Rory Primrose

Learn from my mistakes, you don't have time to make them yourself

View project on GitHub

Hashing on the fly

Posted on October 2, 2007

I have been a fan of hashing data for a while, especially for calculating SHA1 checksum values. Until now, I have always had access to the entire set of data that needs to be hashed. Using the SHA1CryptoServiceProvider makes it so easy to build a hash value. You just throw a stream or a byte array at the ComputeHash method.

What if you don’t have all the data available? Streaming is the classic example here, especially when you are dealing with a stupid amount of data. It is not wise to hold an entire data set in memory if the amount of data is large. In addition to memory issues, buffering the entire data set while streaming in order to calculate a checksum destroys the point of streaming your data.

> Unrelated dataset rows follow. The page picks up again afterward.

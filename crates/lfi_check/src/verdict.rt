//! Whether code is lawful.

ghost use Rattle.std.specs.Prelude.{Some};
ghost use Rattle.lfi_check.specs.Checking.{Checks, verdict_text};

use crate::code::Code;
use lfi_module::Profile;
use lfi_rules::{Fault, check_all};
use std::fmt;

/// What is found of code.
#[derive(Clone, Copy, PartialEq, Eq)]
pub enum Verdict {
    /// No word breaks a rule.
    Lawful { words: u32 },
    /// The first fault.
    Refused(Fault),
    /// It isn't 1 to 4,194,304 whole words.
    BadLength,
}

impl fmt::Display for Verdict {
    ghost output = { λ verdict. Some (verdict_text verdict) };

    fn fmt<W: fmt::Write>(&self, f: &mut fmt::Formatter<W>) -> fmt::Result {
        match self {
            Verdict::Lawful { words } => write!(f, "lawful, {words} words"),
            Verdict::Refused(fault) => write!(f, "{fault}"),
            Verdict::BadLength => write!(f, "bad length"),
        }
    }
}

/// Judges code by all rules of a profile.
///
/// ```
/// match judge_code(bytes, Profile::One) {
///     Verdict::Lawful { words } => keep(bytes, words),
///     Verdict::Refused(fault) => refuse(fault.word, fault.rule),
///     Verdict::BadLength => refuse_file(),
/// }
/// ```
pub fn judge_code(bytes: &[u8], profile: Profile) -> Verdict
    ensures { Checks profile bytes.now result }
{
    let Some(code) = Code::new(bytes) else {
        return Verdict::BadLength;
    };
    let words = code.len_words() as u32;
    match check_all(&code, profile) {
        Some(fault) => Verdict::Refused(fault),
        None => Verdict::Lawful { words },
    }
}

Using Reflector to checkout the HashAlgorithm implementation, I thought that there wasn’t a way around it as the ComputeHash methods call down to internal methods. After thinking for a while that it wasn’t possible to create hash values from chunks of data, I went back and had a look again. Turns out there are publicly available methods to support this. TransformBlock and TransformBlockFinal are the methods to call. I found the naming misleading which is why I previously overlooked them.

With these methods, you can now stream your data in chunks and build a hash value on the fly without needing the entire data set.